Please be extremely careful with the interactive command as an incorrect request can cause problems with the scheduler.
Graphs and monitoring:
Feedback is important to determine how well your job is running. On the head node you may use the a100cores command to determine where your job is running and also which GPU instance it is utilizing
The HPC dashboard displays the GPU utilization percentage. The dashboard is updated once every minute.
There are graphs available which update once every minute.
Who may apply for access to this partition?
Groups from the Science and Engineering faculties contributed heavily to the cost of this resource. Members of these groups are granted access to resources proportional to their contribution, these levels being set by a committee of system owners.
ICTS contributed to the cost of several of the cards and has ‘donated’ these instances to the general pool of researchers free of charge. However this pool is limited in the type and number of instances available, the wall time as well as the number of jobs that can be queued at any one time.
Will more servers like these be purchased?

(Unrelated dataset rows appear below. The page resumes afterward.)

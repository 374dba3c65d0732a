// The line that words ask for.
ghost use Rattle.std.specs.Prelude.{◌≡◌, ◌↔◌, map, IfOk, IsErrOf, IsTrue, IsUtf8, MatchOption};
ghost use Rattle.std.specs.List.{All};
ghost use Rattle.clap.specs.Kinds.{FailsBy};
ghost use Rattle.clap.specs.Faults.{fault_of};
ghost use Rattle.clap.specs.Simple.{HasMatchesOf, subcommand_rows_of};
ghost use Rattle.clap.specs.Walk.{rows_of};
ghost use Rattle.clap.specs.Matches.{found_of};
ghost use Rattle.mesh_cli_words.specs.declared.line.Line.{Line};
ghost use Rattle.mesh_cli_words.specs.declared.line.UsageFault.TheVariants as fault;
ghost use Rattle.mesh_cli_words.specs.Lines.{IsLine, IsLineOf, IsRuled};
ghost use Rattle.mesh_cli_words.specs.Words.{mesh_app};

use crate::apps::commands;
use crate::commands::command_given;
use crate::given::{given, text_given};
use crate::line::{Line, UsageFault};
use clap::error::ErrorKind;
use clap::{ArgMatches, Error};
use mesh_base_values::Str;
use mesh_cli_values::options::moment_named;
use mesh_list::Memory;
use std::alloc::Global;

/// A word as a text, and none where it isn't UTF-8.
fn text_of(word: &Str) -> Option<&str>
    ensures { MatchOption result (¬ IsUtf8 word.now) (λ text. IsUtf8 word.now × (text.now ≡ word.now)) }
{
    match std::str::from_utf8(word.as_slice()) {
        Ok(text) => Some(text),
        Err(_) => None,
    }
}

/// The words as texts, and none where one of them isn't UTF-8.
fn texts<'a>(alloc: Global, words: &'a [Str]) -> Result<Option<Vec<&'a str>>, Memory>
    ensures { IfOk result (λ made. MatchOption made (¬ All IsUtf8 words.now) (λ texts. All IsUtf8 words.now × (map (λ s. s.now) texts.items ≡ words.now))) }
{
    let mut made = Vec::new(alloc);
    for word in words {
        match text_of(word) {
            Some(text) => made.push(text)?,
            None => return Ok(None),
        }
    }
    Ok(Some(made))
}

fn parse<'a>(alloc: Global, words: &'a [&'a str]) -> Result<ArgMatches<'a>, Error>
    ensures fails { FailsBy (fault_of mesh_app (map (λ s. s.now) words.now)) result }
    ensures matches { IfOk result (λ m. HasMatchesOf mesh_app (map (λ s. s.now) words.now) m) }
{
    let command = commands(alloc)?;
    command.try_get_matches_from(words)
}

/// What was given in front of a command, and the command.
fn line_of(alloc: Global, m: &ArgMatches<'_>) -> Result<Line, UsageFault>
    ensures ok { IfOk result (IsLineOf (rows_of (found_of m.now)) (subcommand_rows_of m.now)) }
    ensures usage { IsErrOf result fault.Usage → (line : Line) → ¬ IsLineOf (rows_of (found_of m.now)) (subcommand_rows_of m.now) line }
{
    let Some((name, sub)) = m.subcommand() else {
        return Err(UsageFault::Usage);
    };
    let Some(moment) = moment_named(given(sub, "execution-time")) else {
        return Err(UsageFault::Usage);
    };
    let paths = text_given(alloc, m, "paths")?;
    let warehouse = text_given(alloc, m, "warehouse")?;
    match command_given(alloc, moment, name, sub)? {
        None => Err(UsageFault::Usage),
        Some(command) => Ok(Line {
            paths,
            warehouse,
            command,
        }),
    }
}

/// The line that texts ask for.
fn line_named(alloc: Global, texts: &[&str]) -> Result<Line, UsageFault>
    ensures ok { IfOk result (IsRuled (map (λ s. s.now) texts.now)) }
    ensures usage { IsErrOf result fault.Usage → (line : Line) → ¬ IsRuled (map (λ s. s.now) texts.now) line }
{
    match parse(alloc, texts) {
        Ok(m) => line_of(alloc, &m),
        Err(e) if e.kind() == ErrorKind::OutOfMemory => Err(UsageFault::Memory),
        Err(_) => Err(UsageFault::Usage),
    }
}

/// The command line that words ask for, behind the program's own name.
pub fn read_words(alloc: Global, words: &[Str]) -> Result<Line, UsageFault>
    ensures ok { IfOk result (IsLine words.now) }
    ensures usage { IsErrOf result fault.Usage → (line : Line) → ¬ IsLine words.now line }
{
    match texts(alloc, words)? {
        None => Err(UsageFault::Usage),
        Some(texts) => line_named(alloc, texts.as_slice()),
    }
}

The cost of one of these servers is approximately R1.4 million, understandably higher than the average research group can afford. We would strongly encourage research groups to pool their resources in order to share the cost of these servers\cards. The money would then be transferred to ICTS who would purchase the server. The servers are housed in the UCT data center and are administered by the HPC staff who are also responsible for any repairs or replacements that may be required. HPC staff members can also facilitate the discussions around purchase and resource sharing.